• _Assigned task_
When a line below holds the string "call", show that line.

• _Provided records_
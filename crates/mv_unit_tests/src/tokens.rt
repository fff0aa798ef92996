//! The tokens of short texts.

use mv_lex::lexer::{LexFault, lex};
use mv_lex::token::{Kind, Token};

const TOKENS: &[(&[u8], &[Token])] = &[
    (b"", &[]),
    (b" \t\r\n-- only a comment", &[]),
    (
        b"<= <> << \n",
        &[
            Token {
                kind: Kind::Symbol,
                at: 0,
                len: 2,
            },
            Token {
                kind: Kind::Symbol,
                at: 3,
                len: 2,
            },
            Token {
                kind: Kind::OpenBlock,
                at: 6,
                len: 4,
            },
        ],
    ),
    (
        b"a--b",
        &[Token {
            kind: Kind::Word,
            at: 0,
            len: 1,
        }],
    ),
    (
        b"a--b\n-1",
        &[
            Token {
                kind: Kind::Word,
                at: 0,
                len: 1,
            },
            Token {
                kind: Kind::Symbol,
                at: 5,
                len: 1,
            },
            Token {
                kind: Kind::Number,
                at: 6,
                len: 1,
            },
        ],
    ),
    (
        b"'it''s'",
        &[Token {
            kind: Kind::Text,
            at: 0,
            len: 7,
        }],
    ),
    (
        b":x_1 ",
        &[Token {
            kind: Kind::Variable,
            at: 0,
            len: 4,
        }],
    ),
    (
        b"12ab",
        &[
            Token {
                kind: Kind::Number,
                at: 0,
                len: 2,
            },
            Token {
                kind: Kind::Word,
                at: 2,
                len: 2,
            },
        ],
    ),
    (
        b"<",
        &[Token {
            kind: Kind::Symbol,
            at: 0,
            len: 1,
        }],
    ),
    (
        b"<<",
        &[Token {
            kind: Kind::OpenBlock,
            at: 0,
            len: 2,
        }],
    ),
    (
        b"||",
        &[Token {
            kind: Kind::Symbol,
            at: 0,
            len: 2,
        }],
    ),
    (
        b"<<\n>>",
        &[Token {
            kind: Kind::Block,
            at: 0,
            len: 5,
        }],
    ),
    (
        b"<<\n>>\r",
        &[Token {
            kind: Kind::OpenBlock,
            at: 0,
            len: 6,
        }],
    ),
    (
        b"<<\r\n1\n >>\n>>\r\n;",
        &[
            Token {
                kind: Kind::Block,
                at: 0,
                len: 14,
            },
            Token {
                kind: Kind::Symbol,
                at: 14,
                len: 1,
            },
        ],
    ),
    (
        b"<<\n>>>\n>>x",
        &[Token {
            kind: Kind::OpenBlock,
            at: 0,
            len: 10,
        }],
    ),
];

#[test]
fn tells_tokens(rt: HostRuntime) -> Result<(), LexFault> {
    for case in TOKENS {
        let (bytes, want) = *case;
        let tokens = lex(rt.alloc(), bytes)?;
        assert!(rt; tokens.as_slice() == want);
    }
    Ok(())
}
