//! The changes that a call makes when it commits.

ghost use Rattle.std.specs.Prelude.{◌≡◌, ◌≤◌, ◌∷◌, ◌++◌, [], List, length, slice_get, IfOk, OnOk};
ghost use Rattle.std.specs.List.{list_any};
ghost use Rattle.mv_values.specs.Order.{key_order};
ghost use Rattle.mv_values.specs.Patching.{applied, row_of};
ghost use Rattle.mv_values.specs.Tables.{rows_at};
ghost use Rattle.mv_record.specs.Runs.{writes_in};
ghost use Rattle.mv_record.specs.Writes.{AreRising};
ghost use Rattle.mv_values.specs.declared.patch.Write.{Write};
ghost use Rattle.mv_history.specs.Changes.{InOrder, changes_between, is_same, place};
ghost use Rattle.mv_changes.specs.Tables.{IsCut};
ghost use Rattle.mv_changes.specs.Drafting.{IsDraft, HasAsked, by_place, written, is_before, is_there, change_of_write, differing};

use crate::changes::Changes;
use mv_history::change::{Change, is_same, next_change};
use mv_log::records::Records;
use mv_record::applying::patch_row;
use mv_values::copied::Copied;
use mv_values::lent::own;
use mv_values::list::List;
use mv_values::memory::NoMemory;
use mv_values::patch::Write;
use mv_values::value::Key;
use mv_view::view::{Refused, View};
use std::alloc::Global;
use std::cmp::Ordering;

/// Compares the place of a change with that of a write.
fn order_to(change: &Change, write: &Write) -> Ordering
    ensures { result ≡ key_order (place change.now) (written write.now) }
{
    if change.table < write.table {
        return Ordering::Less;
    }
    if change.table > write.table {
        return Ordering::Greater;
    }
    change.key.order(&write.key)
}

/// Returns the number of changes before the place of a write. Takes time logarithmic in their number.
fn place_in(changes: &List<Change>, write: &Write) -> usize
    requires { InOrder changes.now }
    ensures within { result ≤ length changes.now }
    ensures cut { IsCut (is_before write.now) changes.now result }
{
    changes.as_slice().partition_point(
        |change: &Change| -> bool
            ensures { result ≡ is_before write.entry.now change.now }
        { order_to(change, write).is_lt() },
    )
}

/// Whether the change at an index is of the place of a write.
fn is_there(changes: &List<Change>, at: usize, write: &Write) -> bool
    ensures { result ≡ is_there write.now (slice_get changes.now at) }
{
    match changes.as_slice().get(at) {
        Some(change) => order_to(change, write).is_eq(),
        None => false,
    }
}

/// Returns a change of nothing. It allocates no memory.
fn no_change() -> Change {
    Change {
        table: 0,
        key: Key::new(),
        before: None,
        after: None,
    }
}

/// Returns the change of a key by its first write: from its row in the view's database to the row after the write.
fn first_change<'s, V: View<'s>>(
    alloc: Global,
    write: &Write,
    view: &mut V,
) -> Result<Change, Refused>
    ensures change { IfOk result (λ change. change ≡ change_of_write write.now (row_of (rows_at (V.sight view.old).database write.now.table) write.now.key)) }
    ensures asks { HasAsked 1 (V.sight view.old) (V.sight view.new) result }
{
    let before = own(alloc, view.row(alloc, write.table, &write.key)?)?;
    let after = patch_row(alloc, &write.patch, before.as_ref())?;
    let key = write.key.copy(alloc)?;
    Ok(Change {
        table: write.table,
        key,
        before,
        after,
    })
}

/// Adds a write to the changes, unless it is to a table that the database lacks.
fn add_write<'s, V: View<'s>>(
    alloc: Global,
    tables: usize,
    changes: &mut List<Change>,
    write: &Write,
    view: &mut V,
) -> Result<(), Refused>
    requires tables { tables ≡ length (V.sight view.old).database }
    requires rising { AreRising (V.sight view.old).database }
    requires order { InOrder changes.old }
    ensures order { OnOk result (InOrder changes.new) }
    ensures ok { OnOk result ((ws : List Write) → IsDraft (by_place changes.old) ws (V.sight view.old).database → IsDraft (by_place changes.new) (ws ++ write.now ∷ []) (V.sight view.old).database) }
    ensures asks { HasAsked 1 (V.sight view.old) (V.sight view.new) result }
{
    if write.table as usize >= tables {
        return Ok(());
    }
    let at = place_in(changes, write);
    if is_there(changes, at, write) {
        let was = changes.replace(at, no_change());
        let next = next_change(alloc, was, write)?;
        changes.set(at, next);
        return Ok(());
    }
    let first = first_change(alloc, write, view)?;
    changes.insert(at, first)?;
    Ok(())
}

/// Adds writes to the changes.
fn add_writes<'s, V: View<'s>>(
    alloc: Global,
    tables: usize,
    changes: &mut List<Change>,
    writes: &[Write],
    view: &mut V,
) -> Result<(), Refused>
    requires tables { tables ≡ length (V.sight view.old).database }
    requires rising { AreRising (V.sight view.old).database }
    requires order { InOrder changes.old }
    ensures order { OnOk result (InOrder changes.new) }
    ensures ok { OnOk result ((ws : List Write) → IsDraft (by_place changes.old) ws (V.sight view.old).database → IsDraft (by_place changes.new) (ws ++ writes.now) (V.sight view.old).database) }
    ensures asks { HasAsked (length writes.now) (V.sight view.old) (V.sight view.new) result }
{
    for write in writes {
        add_write(alloc, tables, changes, write, view)?;
    }
    Ok(())
}

/// Whether one of the changes leaves its row as it was.
fn has_same(changes: &[Change]) -> bool
    ensures { result ≡ list_any (λ c. is_same c.before c.after) changes.now }
{
    changes
        .iter()
        .any(|change| is_same(&change.before, &change.after))
}

/// Copies the changes whose rows differ.
fn copy_differing(alloc: Global, changes: &[Change]) -> Result<Changes, NoMemory>
    requires { InOrder changes.now }
    ensures { IfOk result (λ listed. listed ≡ differing (by_place changes.now)) }
{
    let mut listed = List::new(alloc);
    for change in changes {
        if !is_same(&change.before, &change.after) {
            let copy = change.copy(alloc)?;
            listed.push(copy)?;
        }
    }
    Changes::of(alloc, listed)
}

/// Returns the changes whose rows differ. It copies them only if some row doesn't.
fn differing(alloc: Global, changes: List<Change>) -> Result<Changes, NoMemory>
    requires { InOrder changes }
    ensures { IfOk result (λ listed. listed ≡ differing (by_place changes)) }
{
    if has_same(changes.as_slice()) {
        return copy_differing(alloc, changes.as_slice());
    }
    Changes::of(alloc, changes)
}

/// Returns the changes that the writes of a call's records make to the view's database, which has this many tables. A
/// change has the row of a written key before and after the writes, if these differ. Fails if memory runs out, or with
/// `Stale` if the view does. Costs one look-up in the view for each key written, and for each write the logarithm of
/// their number. The first write of a key moves the changes of later keys.
pub fn changes_of_commit<'s, V: View<'s>>(
    alloc: Global,
    tables: usize,
    records: &Records<'_>,
    view: &mut V,
) -> Result<Changes, Refused>
    requires tables { tables ≡ length (V.sight view.old).database }
    requires rising { AreRising (V.sight view.old).database }
    ensures changes { IfOk result (λ changes. changes ≡ changes_between (V.sight view.old).database (applied (writes_in records.now) (V.sight view.old).database)) }
    ensures asks { HasAsked (length (writes_in records.now)) (V.sight view.old) (V.sight view.new) result }
{
    let mut changes = List::new(alloc);
    for number in 0..records.len() {
        let record = records.get(number);
        add_writes(alloc, tables, &mut changes, record.writes(), view)?;
    }
    Ok(differing(alloc, changes)?)
}
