//! Helpers for tables of cases.

use std::alloc::Global;
use std::test::Fail;

/// Fails with the number of a case in its table, from 0, unless the condition holds.
pub(crate) fn ensure_at(alloc: Global, holds: bool, case: usize) -> Result<(), Fail> {
    if holds {
        return Ok(());
    }
    Err(format!(in alloc; "case {case}")?.into())
}

/// Returns a text between two others.
pub(crate) fn between(alloc: Global, front: &str, text: &str, back: &str) -> Result<String, Fail> {
    let mut all = String::from_str(alloc, front)?;
    all.push_str(text)?;
    all.push_str(back)?;
    Ok(all)
}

• _Output of the task_
//! The changes that a call makes when it commits.
/// Returns the changes that the writes of a call's records make to the view's database, which has this many tables. A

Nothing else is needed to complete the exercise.